Here we show an implementation of a mock forecast class that can work with the
:func:`paired_t_test<csep.core.poisson_evaluations.paired_t_test>` function. ::

    class MockForecast:

        def __init__(self, data=None, name='my-mock-forecast', magnitudes=(4.95)):

            # data is not necessary, but might be helpful for implementing target_event_rates(...)
            self.data = data
            self.name = name
            # this should be an array or list. it can be as simple as the default argument.
            self.magnitudes = magnitudes

        def target_event_rates(catalog, scale=None):
            """ Notice we added the dummy argument scale. This function stub should match what is called paired_t_test """

            # whatever custom logic you need to return these target event rates given your catalog can go here
            # of course, this should work with whatever catalog you decide to pass into this function

            # this returns the tuple that paired_t_test expects
            return (ndarray_of_target_event_rates, expected_number_of_events)
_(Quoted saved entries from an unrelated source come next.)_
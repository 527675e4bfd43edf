//! The operators that stand between terms, where one cannot stand.

use mistake_sentences::OperatorMistake;
use token_search::{Gap, first_symbols, last_symbols, last_word_bytes};

/// The longest run of symbols that is shown.
pub(crate) const MOST_SYMBOLS: usize = 16;

/// The operators that consist of symbols and can follow a term.
const INFIX: [&[u8]; 30] = [
    b":-", b"-->", b"->", b"=", b"\\=", b"==", b"\\==", b"@<", b"@=<", b"@>", b"@>=", b"=..",
    b"=:=", b"=\\=", b"<", b"=<", b">", b">=", b"+", b"-", b"/\\", b"\\/", b"*", b"/", b"//",
    b"<<", b">>", b"**", b"^", b".",
];

/// The operators that compare.
const COMPARISONS: [&[u8]; 6] = [b"<", b"=<", b">", b">=", b"=:=", b"=\\="];

/// Whether symbols are an operator that can follow a term.
pub(crate) fn is_infix(symbols: &[u8]) -> bool {
    INFIX.contains(&symbols)
}

/// Whether symbols compare.
fn is_comparison(symbols: &[u8]) -> bool {
    COMPARISONS.contains(&symbols)
}

/// The symbols before the word that a text ends in.
fn symbols_before_word(text: &[u8]) -> &[u8] {
    let text = text.trim_ascii_end();
    last_symbols(text.strip_suffix(last_word_bytes(text)).unwrap_or(&[]))
}

/// What an operator shows that cannot stand between two terms here.
pub(crate) fn infix_mistake<'a>(gap: Gap<'a>, name: &'a str) -> Option<OperatorMistake<'a>> {
    let symbols = first_symbols(gap.after);
    if is_comparison(symbols) && is_comparison(symbols_before_word(gap.before)) {
        return Some(OperatorMistake::Chain);
    }
    if symbols == b"->".as_slice() && gap.is_in_term() {
        Some(OperatorMistake::InTerm(name))
    } else {
        None
    }
}
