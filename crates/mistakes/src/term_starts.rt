//! Places where a term begins and an operator before it takes none.

use crate::infix_operators::{MOST_SYMBOLS, is_infix};
use mistake_sentences::{ClauseMistake, Mistake, OperatorMistake};
use token_search::{Gap, last_name, last_symbols, may_declare, shown_name};

/// The operators that consist of symbols and stand before a term.
const PREFIX: [&[u8]; 5] = [b":-", b"?-", b"\\+", b"-", b"\\"];

/// The byte that a text consists of.
fn only_byte(text: &[u8]) -> Option<u8> {
    match text {
        [byte] => Some(*byte),
        _ => None,
    }
}

/// The operator that these symbols at the end of a text make with those before them, from which layout parts them.
fn split_operator(before: &[u8], symbols: &[u8]) -> Option<&'static str> {
    let first = last_symbols(before.trim_ascii_end().strip_suffix(symbols)?);
    match (only_byte(first), only_byte(symbols)) {
        (Some(b'>'), Some(b'=')) => Some(">="),
        (Some(b'='), Some(b'<')) => Some("=<"),
        (Some(b'-'), Some(b'>')) => Some("->"),
        _ => None,
    }
}

/// Whether a term can begin as a text does, with a byte that is no symbol.
fn begins_term(text: &[u8]) -> bool {
    match text.first() {
        Some(byte) => byte.is_ascii_alphanumeric() || b"_'\"([{!".contains(byte),
        None => false,
    }
}

/// Whether a term may stand after symbols before which there is none, or they show nothing: there are none or too many,
/// or a comment ends.
fn takes_term(symbols: &[u8]) -> bool {
    symbols.is_empty()
        || symbols.len() > MOST_SYMBOLS
        || symbols.ends_with(b"*/")
        || PREFIX.contains(&symbols)
}

/// The name that has empty parentheses, of which the second stands at a place.
fn empty_parentheses<'a>(gap: Gap<'a>) -> Option<ClauseMistake<'a>> {
    if gap.after.starts_with(b")")
        && let Some(before) = gap.before.strip_suffix(b"(".as_slice())
        && let Some(name) = last_name(before)
        && let Some(name) = shown_name(name)
    {
        return Some(ClauseMistake::NoArguments(name));
    }
    None
}

/// The comma, bar or `;` of a byte.
fn joint_of(byte: u8) -> Option<&'static str> {
    match byte {
        b',' => Some(","),
        b';' => Some(";"),
        b'|' => Some("|"),
        _ => None,
    }
}

/// The comma, bar or `;` after which a term is missing at a place, or before it.
fn joint_mistake<'a>(gap: Gap<'a>) -> Option<OperatorMistake<'a>> {
    match (gap.before.trim_ascii_end().last(), gap.after.first()) {
        (Some(last), Some(next)) => joint_between(*last, *next),
        _ => None,
    }
}

/// The comma, bar or `;` after which a term is missing between these bytes, or before it.
fn joint_between<'a>(last: u8, next: u8) -> Option<OperatorMistake<'a>> {
    match joint_of(last) {
        Some(joint) if b")]}.,;|".contains(&next) => Some(OperatorMistake::NoRight(joint)),
        _ => joint_of(next).map(OperatorMistake::NoLeft),
    }
}

/// Symbols that begin comments in other languages.
const COMMENTS: [&[u8]; 2] = [b"#", b"//"];

/// What symbols show as an operator, before which there is no term, and after which one begins.
fn operator_mistake<'a>(before: &'a [u8], symbols: &'a [u8]) -> Option<OperatorMistake<'a>> {
    if let Some(whole) = split_operator(before, symbols) {
        Some(OperatorMistake::Split(whole))
    } else if is_infix(symbols) {
        shown_name(symbols).map(OperatorMistake::NoLeft)
    } else {
        shown_name(symbols).map(OperatorMistake::Unknown)
    }
}

/// What the text shows at a place where a term begins that may not stand there, after symbols before which there is no
/// term.
pub fn start_mistake<'a>(gap: Gap<'a>) -> Option<Mistake<'a>> {
    let symbols = last_symbols(gap.before);
    if takes_term(symbols) || may_declare(gap.operators, symbols) || !begins_term(gap.after) {
        return None;
    }
    if COMMENTS.contains(&symbols) {
        return Some(Mistake::Clause(ClauseMistake::Comment));
    }
    operator_mistake(gap.before, symbols).map(Mistake::Operator)
}

/// What the text shows at a place where a term has to begin and none does.
pub fn term_mistake<'a>(gap: Gap<'a>) -> Option<Mistake<'a>> {
    if let Some(mistake) = empty_parentheses(gap) {
        return Some(Mistake::Clause(mistake));
    }
    joint_mistake(gap).map(Mistake::Operator)
}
You'll notice that :func:`paired_t_test<csep.core.poisson_evaluations.paired_t_test>` expects a catalog class. Looking back
at the function definition we can see that it needs ``observed_catalog.event_count`` and ``observed_catalog.name``. Therefore
the mock class for the catalog would look something like this ::

    class MockCatalog:

        def __init__(self, event_count, data=None, name='my-mock-catalog'):

            # this is not necessary, but adding data might be helpful for implementing the
            # logic needed for the target_event_rates(...) function in the MockForecast class.
            self.data = data
            self.name = name
            self.event_count = event_count


Now using these two objects you can call the :func:`paired_t_test<csep.core.poisson_evaluations.paired_t_test>` directly
without having to modify any of the source code. ::

    # create your forecasts
    mock_forecast_1 = MockForecast(some_forecast_data1)
    mock_forecast_2 = MockForecast(some_forecast_data2)

    # lets assume that catalog_data is an array that contains the catalog data
    catalog = MockCatalog(len(catalog_data))

    # call the function using your classes
    eval_result = paired_t_test(mock_forecast_1, mock_forecast_2, catalog)

The only requirement for this approach is that you implement the methods on the class that the calling function expects.
You can add anything else that you need in order to make those functions work properly. This example is about
as simple as it gets.

.. note::

    If you want to use mock-forecasts and mock-catalogs for other evaluations. You can just add the additional methods
    that are needed onto the mock classes you have already built.